Voice Interface Architecture

Pipeline Flow

User → Microphone → Wake Word Detection → Language Context → ASR → NLP / Intent Parser → Automation Layer → TTS / Feedback → User

Wake Word Detection — Listens for “Pepa, English” → mode = EN or “Pepa, Español” → mode = ES. Can auto-detect, but explicit phrases reduce errors.
Language Context — Stores session variable language_mode = EN/ES, used by all downstream modules.
ASR — Switches model based on language_mode: English Whisper model or Spanish/bilingual Whisper model.
NLP / Intent Parsing — Converts speech to actionable intent.

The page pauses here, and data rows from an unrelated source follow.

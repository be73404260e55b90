//! What the pages of `show` and `at` are made of: cells of rows, names, flags, dates, headings and places.
//!
//! How a name is shown, the place of an RVA and the parts of frequent rows are specified by contract; of the rest of a page contracts
//! say that some text is added.
#![tactic(auto)]

mod cell;
mod date;
mod fault_rows;
mod file_sections;
mod flags;
mod heading;
mod key;
mod laws;
mod name;
mod outcome;
mod place;
mod style;
mod symbol_names;

pub use cell::{
    Cell, NOTHING, blanks, count_width, decimal_width, plural, write_cells, write_column,
    write_right,
};
pub use fault_rows::{begin_refusal, end_refusal, write_finding, write_kind};
pub use file_sections::{read_sections, sizes_of};
pub use flags::{FlagRow, permissions};
pub use heading::{Kind, Page, write_heading, write_plain_heading, write_title};
pub use key::write_key;
pub use laws::outcomes_agree;
pub use name::{
    ShownName, is_safe_text, module_beginning, module_width, section_width, write_name,
};
pub use outcome::outcome_of;
pub use place::{SectionNames, SectionPlace};
pub use symbol_names::SymbolNames;
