//! The rows of a page that state a fault or a finding.

ghost use Rattle.pe_text.specs.TextWriter.{IsReady};
ghost use Rattle.pe_page.specs.Page.{AddsSome};

use crate::style::{end_style, refusal_style};
use pe_text::Part::{Decimal, Text};
use pe_text::{FileKind, ShowOptions, Sink, TextWriter, fault_sentence, write_parts};
use pe_view::Fault;

/// Begins the row of a file's fault: `Fault 304: Name of a member at 0x8: it leads to no text`.
pub fn begin_refusal<W: Sink>(text: &mut TextWriter<W>, options: &ShowOptions, fault: &Fault)
    requires { IsReady W.failures text.old }
    ensures { AddsSome W.taken W.failures text.old text.new }
{
    let sentence = fault_sentence(fault);
    write_parts(
        text,
        &[
            Text(b"\n"),
            refusal_style(options),
            Text(b"Fault "),
            Decimal(u64::from(fault.number)),
            Text(b": "),
            Text(sentence.as_slice()),
        ],
    );
}

/// Adds to the row of a fault what the file is instead, if that is known.
pub fn write_kind<W: Sink>(text: &mut TextWriter<W>, kind: Option<FileKind>)
    requires { IsReady W.failures text.old }
    ensures { AddsSome W.taken W.failures text.old text.new }
{
    if let Some(kind) = kind {
        write_parts(text, &[Text(b"; "), Text(kind.words().as_bytes())]);
    }
}

/// Ends the row of a file's fault.
pub fn end_refusal<W: Sink>(text: &mut TextWriter<W>, options: &ShowOptions)
    requires { IsReady W.failures text.old }
    ensures { AddsSome W.taken W.failures text.old text.new }
{
    write_parts(text, &[end_style(options), Text(b"\n")]);
}

/// Adds the row of a finding: its number, and its words.
pub fn write_finding<W: Sink>(text: &mut TextWriter<W>, finding: &Fault)
    requires { IsReady W.failures text.old }
    ensures { AddsSome W.taken W.failures text.old text.new }
{
    let sentence = fault_sentence(finding);
    write_parts(
        text,
        &[
            Text(b"  "),
            Decimal(u64::from(finding.number)),
            Text(b"  "),
            Text(sentence.as_slice()),
            Text(b"\n"),
        ],
    );
}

Maps multiple phrasings to the same entity: e.g. “Turn on the hall light” ↔ “Enciende la luz del pasillo”.
Automation Layer — Triggers Home Assistant actions. Device IDs remain language-neutral (e.g. luz_pasillo).
TTS / Feedback — Spoken response in current language mode via Piper. Optional visual display on NSPanel or Magic Mirror.
Session / Timeout — Language mode persists until timeout (60s), explicit switch, or reset command.

Guest mode: “Pepa, Guest” → English-only, simplified commands, confirmation prompts.
Care mode: “Pepa, Care” → slower speech, extra confirmations.
Speaker-aware: ASR + speaker ID remembers preferred language per person.